Saved entries:

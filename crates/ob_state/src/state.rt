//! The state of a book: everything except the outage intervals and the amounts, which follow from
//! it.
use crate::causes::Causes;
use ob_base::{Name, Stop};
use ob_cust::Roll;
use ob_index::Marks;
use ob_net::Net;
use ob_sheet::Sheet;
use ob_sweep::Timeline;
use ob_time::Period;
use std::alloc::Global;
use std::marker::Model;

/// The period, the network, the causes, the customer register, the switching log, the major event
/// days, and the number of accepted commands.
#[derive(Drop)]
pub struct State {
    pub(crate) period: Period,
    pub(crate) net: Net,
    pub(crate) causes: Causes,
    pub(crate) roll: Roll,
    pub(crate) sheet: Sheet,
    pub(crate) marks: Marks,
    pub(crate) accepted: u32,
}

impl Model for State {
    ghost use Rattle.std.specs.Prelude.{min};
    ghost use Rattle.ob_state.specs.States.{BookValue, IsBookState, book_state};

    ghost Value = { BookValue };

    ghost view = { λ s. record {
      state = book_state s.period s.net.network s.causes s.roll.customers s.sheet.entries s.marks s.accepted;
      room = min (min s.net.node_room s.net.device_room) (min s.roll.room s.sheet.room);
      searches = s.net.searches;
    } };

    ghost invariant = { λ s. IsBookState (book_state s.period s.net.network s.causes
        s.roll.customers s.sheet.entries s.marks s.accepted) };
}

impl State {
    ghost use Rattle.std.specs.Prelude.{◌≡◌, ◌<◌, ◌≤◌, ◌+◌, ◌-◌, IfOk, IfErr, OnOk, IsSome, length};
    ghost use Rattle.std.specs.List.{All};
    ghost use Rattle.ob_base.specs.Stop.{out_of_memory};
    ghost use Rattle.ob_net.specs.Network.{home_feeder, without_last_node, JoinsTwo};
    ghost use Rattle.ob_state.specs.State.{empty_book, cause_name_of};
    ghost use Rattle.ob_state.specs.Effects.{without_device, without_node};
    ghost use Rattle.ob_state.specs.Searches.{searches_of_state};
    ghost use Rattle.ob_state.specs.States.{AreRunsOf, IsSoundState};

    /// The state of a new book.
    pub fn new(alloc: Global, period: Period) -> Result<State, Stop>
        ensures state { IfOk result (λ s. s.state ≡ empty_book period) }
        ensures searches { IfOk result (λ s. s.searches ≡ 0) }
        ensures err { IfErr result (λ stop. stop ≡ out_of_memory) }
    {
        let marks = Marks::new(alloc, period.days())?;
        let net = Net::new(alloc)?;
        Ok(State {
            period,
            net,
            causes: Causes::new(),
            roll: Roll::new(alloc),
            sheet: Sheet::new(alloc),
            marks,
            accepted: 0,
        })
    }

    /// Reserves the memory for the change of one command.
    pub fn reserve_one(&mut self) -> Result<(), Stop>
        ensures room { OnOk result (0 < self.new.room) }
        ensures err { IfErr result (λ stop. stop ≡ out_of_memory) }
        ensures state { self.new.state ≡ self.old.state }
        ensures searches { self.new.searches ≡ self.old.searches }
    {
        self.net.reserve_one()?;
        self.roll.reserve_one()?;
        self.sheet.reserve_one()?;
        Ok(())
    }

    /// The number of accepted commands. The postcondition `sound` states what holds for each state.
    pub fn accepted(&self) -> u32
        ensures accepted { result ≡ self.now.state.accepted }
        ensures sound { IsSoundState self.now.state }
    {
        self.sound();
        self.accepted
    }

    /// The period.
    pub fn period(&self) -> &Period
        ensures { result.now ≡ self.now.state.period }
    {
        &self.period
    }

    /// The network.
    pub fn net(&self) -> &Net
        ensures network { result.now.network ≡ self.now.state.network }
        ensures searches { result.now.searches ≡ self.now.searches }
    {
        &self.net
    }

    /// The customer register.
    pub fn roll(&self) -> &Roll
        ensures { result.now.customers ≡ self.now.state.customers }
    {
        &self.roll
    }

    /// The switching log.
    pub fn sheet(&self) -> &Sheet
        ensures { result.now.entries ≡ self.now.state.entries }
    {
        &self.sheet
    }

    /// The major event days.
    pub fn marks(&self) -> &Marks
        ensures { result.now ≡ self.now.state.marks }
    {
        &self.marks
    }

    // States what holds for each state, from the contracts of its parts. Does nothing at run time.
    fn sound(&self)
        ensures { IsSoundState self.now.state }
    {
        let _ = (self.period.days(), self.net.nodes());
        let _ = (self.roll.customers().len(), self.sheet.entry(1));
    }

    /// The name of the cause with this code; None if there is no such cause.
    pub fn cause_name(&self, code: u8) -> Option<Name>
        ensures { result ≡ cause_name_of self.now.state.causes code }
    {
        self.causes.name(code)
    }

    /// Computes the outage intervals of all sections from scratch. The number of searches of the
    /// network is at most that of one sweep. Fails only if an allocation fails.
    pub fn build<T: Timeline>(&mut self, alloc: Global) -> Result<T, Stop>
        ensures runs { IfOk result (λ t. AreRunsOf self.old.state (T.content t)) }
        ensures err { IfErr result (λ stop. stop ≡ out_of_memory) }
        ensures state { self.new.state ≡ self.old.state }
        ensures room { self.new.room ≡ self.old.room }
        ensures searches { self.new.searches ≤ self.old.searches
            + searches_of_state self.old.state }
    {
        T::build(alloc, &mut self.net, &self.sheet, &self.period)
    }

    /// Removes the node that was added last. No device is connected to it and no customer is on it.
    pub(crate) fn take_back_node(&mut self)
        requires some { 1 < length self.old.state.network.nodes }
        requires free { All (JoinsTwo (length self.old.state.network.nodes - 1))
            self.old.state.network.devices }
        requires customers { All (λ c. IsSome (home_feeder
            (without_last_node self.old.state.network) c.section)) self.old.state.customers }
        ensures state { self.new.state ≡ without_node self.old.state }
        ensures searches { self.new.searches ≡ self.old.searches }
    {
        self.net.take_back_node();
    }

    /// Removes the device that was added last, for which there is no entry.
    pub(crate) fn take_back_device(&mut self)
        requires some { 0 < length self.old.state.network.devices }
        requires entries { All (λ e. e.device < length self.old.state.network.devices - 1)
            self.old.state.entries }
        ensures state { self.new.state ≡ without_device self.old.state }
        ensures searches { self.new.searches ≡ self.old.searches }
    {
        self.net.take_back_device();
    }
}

_Task description:_
All that belongs in the answer is the lines from the start of the entries above through the line containing "use std::alloc::Global;", each given exactly.

_Output below:_
filename crates/ob_state/src/state.rt
//! The state of a book: everything except the outage intervals and the amounts, which follow from
//! it.
use crate::causes::Causes;
use ob_base::{Name, Stop};
use ob_cust::Roll;
use ob_index::Marks;
use ob_net::Net;
use ob_sheet::Sheet;
use ob_sweep::Timeline;
use ob_time::Period;
use std::alloc::Global;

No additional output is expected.